# Ethernet And Wifi At Same Time.



## jbolt (Nov 10, 2016)

I recently changed the PC on my mill. The new PC has built-in wifi which I want to use to be able to load g-code files from the office PC where I do the CAM/CAM. The motion contriller (SmoothStepper) is ethernet based so when it is plugged in the the mill PC it disables the wifi. Does anyone know if there is a way to use both at the same time?


----------



## Tony Wells (Nov 10, 2016)

There are ways, but it can get kind of geeky. The main trick is establishing the ability, sometimes in the BIOS, sometimes in the OS, to allow simultaneous use. And to get it to work you have to set up each type of connection as a different physical network. Of course, modern computers are made for non-technical people for the most part, and make all this stuff happen in the background to make using the network and its resources available. You have to dig in and make some manual changes, in your case, I would say to the wired connection since it is dedicated to a single purpose. 

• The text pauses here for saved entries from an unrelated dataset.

//! Trees of which only some is known, and copies of trees.
use crate::fixtures::{path, tree};
use iot_text::NoMemory;
use iot_tree::{Duplicate, Kind, Mode, Node, Question, Read, Reads, Rows, Tree, Update};
use std::alloc::Global;
use std::process::Abort;
use std::test::Fail;

/// These rows.
fn rows(rt: &impl Abort, alloc: Global, spelled: &[(&str, &Node)]) -> Result<Rows, NoMemory> {
    let mut rows = Rows::new(alloc);
    for (text, node) in spelled {
        rows.push((path(rt, alloc, text), node.copy(alloc)?))?;
    }
    Ok(rows)
}

#[test]
fn the_inside_of_a_far_object_is_away(rt: HostRuntime) -> Result<(), Fail> {
    let spelled = [
        ("/", &Node::Dir),
        ("/d", &Node::FarDir),
        ("/f", &Node::FarFile(Mode::Off)),
    ];
    let tree = Tree::from_rows(rows(&rt, rt.alloc(), &spelled)?)?;
    for (text, kind) in [
        ("/d", Kind::IsDir),
        ("/f", Kind::IsFile),
        ("/d/n", Kind::Away),
        ("/d/n/m", Kind::Away),
        ("/e", Kind::Absent),
        ("/f/n", Kind::Absent),
    ] {
        assert!(rt; tree.kind(&path(&rt, rt.alloc(), text)) == kind, "{text}");
    }
    assert!(rt; tree.content(&path(&rt, rt.alloc(), "/f")).is_none());
    Ok(())
}

/// What the tree answers of the file `/d/n` and of the directory above it.
fn reads_of(rt: &impl Abort, alloc: Global, before: &Tree) -> Result<Reads, NoMemory> {
    let asked = [
        Question::Kind(path(rt, alloc, "/d/n")),
        Question::Content(path(rt, alloc, "/d/n")),
        Question::Names(path(rt, alloc, "/d")),
    ];
    let mut reads = Reads::new(alloc);
    for question in asked {
        let answer = before.answer(alloc, &question)?;
        reads.push(Read { question, answer })?;
    }
    Ok(reads)
}

#[test]
fn a_copy_stays_as_it_was(rt: HostRuntime) -> Result<(), NoMemory> {
    let alloc = rt.alloc();
    let before = tree(&rt, alloc, "mkdir /d\nwrite /d/n 1\n")?;
    let reads = reads_of(&rt, alloc, &before)?;
    let mut after = before.copy(alloc)?;
    let update = Update::Remove(path(&rt, alloc, "/d/n"));
    assert!(rt; after.fits(&update));
    after.apply(alloc, &update)?;
    for read in reads.as_slice() {
        assert!(rt; before.answers(read) && !after.answers(read));
    }
    Ok(())
}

Or you might consider adding an adapter to your SmoothStepper to convert it to wireless and just operate on the same network. Of course, there are catches to that solution, especially if there are other users on the wireless portion of your LAN. Some may be easy to overcome, some may be virtually insurmountable. I'm not the geek I used to be, so I probably can't walk you through it step by step, but someone else here probably is up to date enough to advise.


----------



## Boswell (Nov 10, 2016)

JBolt  just do a google search. I am sure you will find some good answers. I am pretty sure it is an advanced setting in the adapter driver but how you get to that can be different for different Operating systems.  I have not had a problem with having my Smoothstepper just plugged into the Ethernet switch I have in the shop along with several other devices including the Mach3 system. One time it shut down during an operation due to the buffer underflowing. I bought a second NIC card to address this but have not installed it yet because, it has not happened again.


----------



## jbolt (Nov 11, 2016)

I found the problem. Windows 10 , in its infinite wisdom, decided to setup the smooth stepper on an undefined LAN network vs the smooth stepper network that the SS installer sets up. I was able to delete the undefined network and windows then reassigned the smooth stepper to the correct network. Yay for windows!


----------